The Texas Civil Rights Project would certainly agree with that statement. The project is suing the Texas Department of Criminal Justice for the injury and even death of a number of Texas prisoners who suffered during a heat wave in Texas prisons last summer.

Texas prisons can be hot. According to a news report, of the 111 state prisons, only 21 are air conditioned. Some may believe the point of prison is to punish those convicted of crimes rather than to rehabilitate and deter. However, there are constitutional provisions that draw a line between what may be reasonable punishment and what is cruel and unusual punishment. The Texas Civil Rights Project tends to believe that the sweltering heat experienced by some Texas prisoners in last summer's heat wave was in fact in violation of the constitutional right against cruel and unusual punishment.

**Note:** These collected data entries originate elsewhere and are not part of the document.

impl<'a> EditWords<'a> {
    /// The path text of this edit option, which selects what is edited.
    pub fn path(&self) -> &'a str
        ensures { result.now ≡ path_of self.now }
    {
        match self {
            EditWords::Set(path, _) | EditWords::SetText(path, _) => *path,
            EditWords::Add(path, _) | EditWords::AddText(path, _) => *path,
            EditWords::Append(path, _) | EditWords::Rename(path, _) => *path,
            EditWords::Null(path) | EditWords::Remove(path) => *path,
        }
    }

    // The same edit by another path text.
    pub(crate) fn with_path<'b>(&self, path: &'b str) -> EditWords<'b>
    where
        'a: 'b,
        ensures path { path_of result ≡ path.now }
    {
        match self {
            EditWords::Set(_, json) => EditWords::Set(path, *json),
            EditWords::SetText(_, text) => EditWords::SetText(path, *text),
            EditWords::Add(_, json) => EditWords::Add(path, *json),
            EditWords::AddText(_, text) => EditWords::AddText(path, *text),
            EditWords::Append(_, json) => EditWords::Append(path, *json),
            EditWords::Rename(_, name) => EditWords::Rename(path, *name),
            EditWords::Null(_) => EditWords::Null(path),
            EditWords::Remove(_) => EditWords::Remove(path),
        }
    }
}

/// An option `--arg` or `--argjson`: a name, and the text or number by which `{NAME}` is replaced in paths.
#[derive(Clone, Copy, Debug, Drop)]
pub enum ArgumentWords<'a> {
    /// `--arg NAME TEXT`: in paths, `{NAME}` is replaced by this text, written in quotes.
    Text(&'a str, &'a str),
    /// `--argjson NAME NUMBER`: in paths, `{NAME}` is replaced by this number.
    Number(&'a str, &'a str),
}

impl<'a> ArgumentWords<'a> {
    /// The name that an option `--arg` or `--argjson` sets, without the braces that are around it in a path.
    pub fn name(&self) -> &'a str
        ensures { result.now ≡ argument_name self.now }
    {
        match self {
            ArgumentWords::Text(name, _) | ArgumentWords::Number(name, _) => *name,
        }
    }
}

/// The argument of the option `--color`, which says when the output is coloured.
#[derive(Clone, Copy, Debug, Drop, PartialEq, Eq)]
pub enum Color {
    Auto,
    Always,
    Never,
}

/// Which of the options about the output are on the command line.
#[derive(Clone, Copy, Debug, Drop)]
pub struct Flags {
    pub raw: bool,
    pub pretty: bool,
    pub tab: bool,
    pub sort_keys: bool,
    pub array: bool,
    pub locations: bool,
    pub with_locations: bool,
    pub keys: bool,
    pub entries: bool,
    pub lengths: bool,
    pub count: bool,
    pub quiet: bool,
    pub with_filename: bool,
    pub keep_going: bool,
    pub in_place: bool,
    pub copy: bool,
    pub csv: bool,
    pub tsv: bool,
    pub header: bool,
    pub check: bool,
    pub join: bool,
    pub nul: bool,
    pub seq: bool,
    /// The number of blanks for each level of indentation that `--indent` sets; `None` without that option.
    pub indent: Option<usize>,
    pub color: Color,
}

In fact, 10 prisoners died during last summer's 26-day heat wave. Unfortunately, a wrongful death claim made on behalf of one deceased Texas prisoner was thrown out in a lower court. However, the Fifth Circuit recently revived the case.

The civil rights project is not requesting Texas prisons to install air conditioning in all cells. But, it does ask the state to be reasonable and offer some air conditioned relief during such severe heat waves in order to avoid severe suffering and death. It seems to be a reasonable request. We will soon know whether the Texas court agrees.